Марек, закрыв дверь на все замки, в том числе на цепочку, перевел дух. Это была победа. Настоящая победа. И он заслужил ее. И снова ему показалось на миг, что удастся ему каким-то образом склеить все половины своей жизни и она засверкает, как новенький бокальчик, звонкая и лихая, как ранняя молодость. Как тоска по ней. «Я расскажу ей про свою гитару, — подумал он. — Я ей поиграю на гитаре, и она станет смеяться и плакать. Потому что я плохо играю и еще хуже пою, но все это грустные, хорошие песни моей молодости, их пели честные люди с ярым запалом романтики в груди. Сейчас все эти люди прочно забыты. Она еще ничего не знает — я сам ее всему научу. Она полюбит мои милые чудачества, и мой большой бокал с полосками, и мое навсегда ушедшее детство.
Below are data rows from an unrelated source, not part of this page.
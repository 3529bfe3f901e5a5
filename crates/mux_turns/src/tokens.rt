//! E10, E11 and S13: tokens for progress of editors' requests, and the daemon's own in their place (LSP 3.17, Work Done Progress and
//! Partial Result Progress).
ghost use Rattle.std.specs.Prelude.{◌≡◌, ◌<◌, ◌++◌, ℕ, List, true, false, codes, length, IfOk, MatchOption, Option};
ghost use Rattle.group_facts.specs.group_rows.specs.Tokens.{forwarded_text, mark_edits, mark_text, marked_text};
ghost use Rattle.group_facts.specs.group_rows.specs.Forwarded.{token_in};
ghost use Rattle.group_facts.specs.group_rows.specs.Reserved.{begins_as_mark, is_reserved, reserves};
ghost use Rattle.std.specs.Str.{chars};
ghost use Rattle.event_model.specs.Members.{named_of, params_of};
ghost use Rattle.json_nodes.specs.At.{At, Found};
ghost use Rattle.json_nodes.specs.Puts.{put_edits};
ghost use Rattle.json_text.specs.Changes.{edits_of};
ghost use Rattle.json_text.specs.Json.{Json};
ghost use Rattle.json_text.specs.Replace.{Rise};
ghost use Rattle.group_facts.specs.mux_members.specs.Finds.{is_ascii};
ghost use Rattle.mux_tables.specs.Tokens.{MarksAt};
ghost use Rattle.mux_turns.specs.Tokens.{WritesMark, one_token, tokens_for, two_tokens};
ghost use Rattle.rpc_message.specs.Message.{Id, message_of, notification, request};
ghost use Rattle.rpc_message.specs.Parsed.{IsRead};

use crate::answered::{read, writes};
use group_facts::mux_members::{named_token, text, token};
use itoa::Buffer;
use json_nodes::Put;
use json_span::Tape;
use json_text::Change;
use message_body::{Body, Memory};
use rpc_message::Message;
use std::alloc::Global;

// What stands behind the front of the daemon's tokens, where these characters begin with it.
fn behind_front(cs: &[u8]) -> Option<&[u8]>
    ensures { MatchOption result (begins_as_mark cs.now ≡ false) (λ rest. cs.now ≡ codes "lspmux:" ++ rest.now) }
{
    if cs.len() < 7 {
        return None;
    }
    let (front, rest) = cs.split_at(7);
    if front == "lspmux:".as_bytes() {
        Some(rest)
    } else {
        None
    }
}

// Whether characters begin as those of the daemon's tokens do.
fn begins_as_mark(cs: &[u8]) -> bool
    ensures { result ≡ begins_as_mark cs.now }
{
    behind_front(cs).is_some()
}

// The number of the daemon's token that has these characters.
fn mark_in(cs: &[u8]) -> Option<u64>
    ensures { WritesMark cs.now result }
{
    let digits = behind_front(cs)?;
    let k = read(digits)?;
    if writes(digits, k) { Some(k) } else { None }
}

/// Whether a token of this name might be the daemon's.
pub fn is_reserved(alloc: Global, message: &Message, name: &str) -> Result<bool, Memory>
    ensures { is_ascii name.now ≡ true → (body method : List ℕ) (id : Id) (params : Option Json) → IsRead message.now body
        → message_of body ≡ request id method params → IfOk result (λ reserved. reserved ≡ is_reserved (named_of name.now (params_of body))) }
{
    let token = text(alloc, message, name)?;
    match token {
        Some(cs) => Ok(begins_as_mark(cs.bytes())),
        None => Ok(false),
    }
}

/// E10: whether a request has a token that might be the daemon's.
pub fn reserves(alloc: Global, message: &Message) -> Result<bool, Memory>
    ensures { (body method : List ℕ) (id : Id) (params : Option Json) → IsRead message.now body → message_of body ≡ request id method params
        → IfOk result (λ reserved. reserved ≡ reserves (params_of body)) }
{
    let work = is_reserved(alloc, message, "workDoneToken")?;
    let partial = is_reserved(alloc, message, "partialResultToken")?;
    Ok(work || partial)
}

/// S13: the number of the daemon's token that a notification names, where it names one.
pub fn marked(alloc: Global, message: &Message) -> Result<Option<u64>, Memory>
    ensures { (body method : List ℕ) (params : Option Json) → IsRead message.now body → message_of body ≡ notification method params
        → IfOk result (λ k. MarksAt (named_of (codes "token") params) k) }
{
    let token = text(alloc, message, "token")?;
    match token {
        Some(cs) => Ok(mark_in(cs.bytes())),
        None => Ok(None),
    }
}

/// The text of the daemon's token of a number.
pub fn mark_text(alloc: Global, k: u64) -> Result<Vec<u8>, Memory>
    ensures { IfOk result (λ text. text.items ≡ mark_text k) }
{
    let mut text = Vec::new(alloc);
    let mut digits = Buffer::new();
    text.extend_from_slice("\"lspmux:".as_bytes())?;
    text.extend_from_slice(digits.format(k).as_bytes())?;
    text.extend_from_slice("\"".as_bytes())?;
    Ok(text)
}

// The changes that put the daemon's token of this number in the place of each token of a name.
fn put_one(alloc: Global, tape: &Tape, node: u32, name: &str, k: u64) -> Result<Vec<Change>, Memory>
    requires { node < length tape.now.nodes }
    ensures { (t : Json) → At tape.now node t → IfOk result (λ changes. edits_of changes.items ≡ put_edits (one_token (chars name.now) k) t) }
{
    let text = mark_text(alloc, k)?;
    let changes = tape.puts(alloc, node, &[Put { name, text: &text }])?;
    Ok(changes)
}

// The changes that put these two in the place of each token of a request.
fn put_both(
    alloc: Global,
    tape: &Tape,
    node: u32,
    work: &[u8],
    partial: &[u8],
) -> Result<Vec<Change>, Memory>
    requires { node < length tape.now.nodes }
    ensures { (t : Json) → At tape.now node t → IfOk result (λ changes. edits_of changes.items ≡ put_edits (two_tokens work.now partial.now) t) }
{
    let done = Put {
        name: "workDoneToken",
        text: work,
    };
    let results = Put {
        name: "partialResultToken",
        text: partial,
    };
    tape.puts(alloc, node, &[done, results])
}

// The changes that put the daemon's tokens in the place of those that request n has.
fn put_marks(
    alloc: Global,
    tape: &Tape,
    node: u32,
    n: u32,
    work: bool,
    partial: bool,
) -> Result<Vec<Change>, Memory>
    requires { node < length tape.now.nodes }
    ensures { (t : Json) → At tape.now node t → IfOk result (λ changes. edits_of changes.items ≡ put_edits (tokens_for work partial n) t) }
{
    let k = 2 * u64::from(n);
    if work {
        if partial {
            let first = mark_text(alloc, k)?;
            let second = mark_text(alloc, k + 1)?;
            put_both(alloc, tape, node, &first, &second)
        } else {
            put_one(alloc, tape, node, "workDoneToken", k)
        }
    } else if partial {
        put_one(alloc, tape, node, "partialResultToken", k + 1)
    } else {
        Ok(Vec::new(alloc))
    }
}

/// E10: the text of a token of a request, where it has one.
pub fn token_text(alloc: Global, message: &Message, name: &str) -> Result<Option<Body>, Memory>
    ensures { is_ascii name.now ≡ true → (body method : List ℕ) (id : Id) (params : Option Json) → IsRead message.now body
        → message_of body ≡ request id method params → IfOk result (λ text. text ≡ token_in name.now body) }
{
    match token(message, name) {
        Some(bytes) => {
            let text = Vec::from_slice(alloc, bytes)?;
            Ok(Some(Body::new(text)))
        }
        None => Ok(None),
    }
}

/// E10: a request as it goes to a start: under this number, with the daemon's tokens, and all else as it came.
pub fn forwarded_text(alloc: Global, message: &Message, n: u32) -> Result<Body, Memory>
    ensures { (body method : List ℕ) (id : Id) (params : Option Json) → IsRead message.now body → message_of body ≡ request id method params
        → IfOk result (λ text. text ≡ forwarded_text n body) }
{
    let _body = message.bytes();
    let mut digits = Buffer::new();
    let id = digits.format(n).as_bytes();
    match message.params() {
        None => message.with_id(alloc, id),
        Some(node) => {
            let tape = message.tape();
            let work = named_token(tape, Some(node), "workDoneToken");
            let partial = named_token(tape, Some(node), "partialResultToken");
            let changes = put_marks(alloc, tape, node, n, work, partial)?;
            message.with_changes(alloc, id, changes)
        }
    }
}

// The changes that give each `token` of params another text.
fn token_changes(
    alloc: Global,
    tape: &Tape,
    params: Option<u32>,
    text: &[u8],
) -> Result<Vec<Change>, Memory>
    requires { MatchOption params (Unit {0}) (λ node. node < length tape.now.nodes) }
    ensures edits { (o : Option Json) → Found tape.now o params → IfOk result (λ changes. edits_of changes.items ≡ mark_edits text.now o) }
    ensures rise { IfOk result (λ changes. Rise tape.now.bytes (edits_of changes.items)) }
{
    let name = "token";
    match params {
        Some(node) => tape.puts(alloc, node, &[Put { name, text }]),
        None => Ok(Vec::new(alloc)),
    }
}

/// E11 and S13: a notification with this text in place of each `token` of its params, and all else as it came.
pub fn marked_text(alloc: Global, message: &Message, text: &[u8]) -> Result<Body, Memory>
    ensures { (body method : List ℕ) (params : Option Json) → IsRead message.now body → message_of body ≡ notification method params
        → IfOk result (λ told. told ≡ marked_text text.now body) }
{
    let changes = token_changes(alloc, message.tape(), message.params(), text)?;
    message.with_cuts(alloc, &changes)
}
Я ей расскажу про свою сумасшедшую бабушку, которая любит меня и терзает. Она не станет хватать меня, я чувствую по ее странному отчуждению, ей не нужно то, что нужно другим от меня, она не станет надевать меня, как пальто из комиссионки, проверять — куда в нем пустят. Она все простит мне».
(В этот миг некто нечаянно очутился рядом с Витькой и протянул ему руку помощи. Но кто это был — не понять, ибо он был замотан до глаз. И о Витьке — всё.)
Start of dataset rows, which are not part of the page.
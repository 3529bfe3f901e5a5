//! E7: an editor's `initialize`, by the group in which it is placed (LSP 3.17, Initialize Request).
ghost use Rattle.std.specs.Prelude.{◌≡◌, ◌<◌, ◌≤◌, ℕ, List, [], Option, Some, length, slice_get, OnOk, false, true};
ghost use Rattle.event_model.specs.Does.{Alike, Does};
ghost use Rattle.event_model.specs.Event.{Event, behind, with_cause};
ghost use Rattle.event_model.specs.Phases.{desk_of, is_served};
ghost use Rattle.event_model.specs.Row.{nothing};
ghost use Rattle.event_model.specs.Settings.{Settings};
ghost use Rattle.event_model.specs.Spawns.{start_of};
ghost use Rattle.event_model.specs.Stages.{is_ready, life_of};
ghost use Rattle.group_words.specs.declared.placed.Placed.TheVariants.{Joins, New, TooMany};
ghost use Rattle.group_words.specs.Houses.{places};
ghost use Rattle.group_words.specs.Rows.{placed_row, result_of};
ghost use Rattle.json_text.specs.Json.{Json};
ghost use Rattle.mux_history.specs.declared.cause.Cause.TheVariants.{FromEditor};
ghost use Rattle.mux_tables.specs.Documents.{AllStand, DocumentsStand, Owed, nothing_owed};
ghost use Rattle.mux_tables.specs.declared.tables.Start.{Start};
ghost use Rattle.mux_tables.specs.Stands.{Stands};
ghost use Rattle.mux_turns.specs.Founding.{IsNext};
ghost use Rattle.mux_turns.specs.Welcomes.{IsShown};
ghost use Rattle.rpc_message.specs.Message.{Id, message_of, request};
ghost use Rattle.rpc_message.specs.Parsed.{IsRead};

use crate::refusals::refuse;
use message_body::Memory;
use mux_history::Outs;
use mux_tables::Tables;
use rpc_message::{ErrorCode, Message, ok_reply};
use std::alloc::Global;

/// E7: whether an editor that joins this group waits, as it stands before its `initialize`: the group has no start that is ready, and
/// nothing is sent.
pub fn waits(tables: &Tables, g: u64) -> bool
    ensures waits { result ≡ true → (settings : Settings) (before : List Event) (e : ℕ) (body : List ℕ) → Stands settings tables.now before
        → Alike (placed_row e body before (Joins g)) nothing }
    ensures ready { result ≡ false → (settings : Settings) (before : List Event) → Stands settings tables.now before → (s : ℕ)
        × (start_of g before ≡ Some s) × (is_ready (life_of s before).stage ≡ true) }
{
    match tables.place_of(g) {
        None => true,
        Some(g) => !tables.stage(g).is_ready(),
    }
}

/// E7: the editor joins a group whose last start is ready: its `initialize` is answered at once, with what editors are shown of the
/// result that the start gave; the text of that is one of a value.
pub fn welcome(
    tables: &mut Tables,
    alloc: Global,
    outs: &mut Outs,
    e: u64,
    message: &Message,
    g: usize,
) -> Result<(), Memory>
    requires editor { e < length tables.old.editors }
    requires group { g < length tables.old.lasts.items }
    ensures requests { tables.new.requests ≡ tables.old.requests }
    ensures versions { tables.new.versions ≡ tables.old.versions }
    ensures does { (settings : Settings) (before : List Event) (body method : List ℕ) (id : Id) (params : Option Json) (h s : ℕ)
        → IsRead message.now body → message_of body ≡ request id method params → places (desk_of e before).phase (message_of body) ≡ true
        → ((x : Start) → slice_get tables.old.lasts.items g ≡ Some x → x.life.group ≡ h) → start_of h before ≡ Some s → is_ready (life_of s before).stage ≡ true
        → ((given : List ℕ) → result_of s before ≡ Some given → IsShown given) → outs.old ≡ []
        → OnOk result (Does (λ k events. AllStand settings k events) (placed_row e body before (Joins h)) (with_cause before (FromEditor e body))
        (tables.old, nothing_owed) outs.old (tables.new, nothing_owed) outs.new) }
{
    match tables.shown(g) {
        None => Ok(()),
        Some(shown) => {
            let id = message.id_bytes();
            let text = ok_reply(alloc, id, shown.bytes())?;
            tables.welcome(outs, e, id, text)?;
            Ok(())
        }
    }
}

/// E7: a start is spawned for the new group, which has the next number.
pub fn found(tables: &mut Tables, alloc: Global, outs: &mut Outs, g: u64) -> Result<(), Memory>
    requires limit { 2 ≤ tables.old.requests }
    requires versions { 1 ≤ tables.old.versions }
    ensures requests { tables.new.requests ≡ tables.old.requests }
    ensures versions { tables.new.versions ≡ tables.old.versions }
    ensures does { (settings : Settings) (before base : List Event) (e : ℕ) (body : List ℕ) → IsNext g (behind base outs.old)
        → OnOk result (Does (λ t events. Stands settings t events) (placed_row e body before (New g)) base tables.old outs.old tables.new outs.new) }
    ensures documents { (settings : Settings) (owed : Owed) (base : List Event) → IsNext g (behind base outs.old)
        → Stands settings tables.old (behind base outs.old) → DocumentsStand settings owed tables.old (behind base outs.old)
        → OnOk result (DocumentsStand settings owed tables.new (behind base outs.new)) }
{
    tables.found(alloc, outs, g)?;
    Ok(())
}

/// E7: there are too many groups with editors: the `initialize` is answered with an error (LSP 3.17, RequestFailed), and the editor's
/// link is to be ended.
pub fn turn_away(
    tables: &mut Tables,
    alloc: Global,
    outs: &mut Outs,
    e: u64,
    message: &Message,
) -> Result<(), Memory>
    requires { e < length tables.old.editors }
    ensures requests { tables.new.requests ≡ tables.old.requests }
    ensures versions { tables.new.versions ≡ tables.old.versions }
    ensures does { (settings : Settings) (before base : List Event) (body method : List ℕ) (id : Id) (params : Option Json) → IsRead message.now body
        → message_of body ≡ request id method params → is_served (desk_of e (behind base outs.old)).phase ≡ false
        → OnOk result (Does (λ k events. AllStand settings k events)
        (placed_row e body before TooMany) base (tables.old, nothing_owed) outs.old (tables.new, nothing_owed) outs.new) }
{
    refuse(tables, alloc, outs, e, message, ErrorCode::RequestFailed)?;
    // It isn't served, so no start is owed a word of its documents.
    tables.close(alloc, outs, e)?;
    Ok(())
}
Он постоял в прихожей, как ныряльщик на трамплине, глубоко вздохнул и нырнул в свою комнату.
Она сидела там, куда он хотел посадить ее. В том самом углу дивана, придвинув к коленям низенький столик с угощениями. Колени, целомудренно сжатые, возвышались над столиком. А руки были сложены на коленях. Она терпеливо ждала его. Она повернула голову к нему, как только он вошел. Она была очень красивая. Незнакомая какая-то, взрослая, ухоженная, молодая. Совсем не девочка, а молодая женщина. Не раздражающе юная, как ее далекий телефонный голос или как тень в домашнем халатике, покорная тень, оплетенная болезнью. Самая настоящая молодая женщина.
Он немного растерялся.
— Ну вот, — сказал он. — Вот как я живу. — И он развел руками и засмеялся, чтоб она увидела — он совсем другой в жизни, в настоящей.
— Хорошо живете, — вежливо сказала она. — Нормально. — И голос у нее все-таки был безнадежно детский. Голос у нее был моложе ее самой. Он, голос, словно отставал от нее, как мысли, и чувства, и желания отстают по телефону от голосов, стынут, замирают где-то посередине провода, сгущаются тромбами, душат отношения говорящих. Тьфу, какой бред лезет ему в голову. Он отогнал от себя бред.
Он вдруг перестал знать, как все это начать.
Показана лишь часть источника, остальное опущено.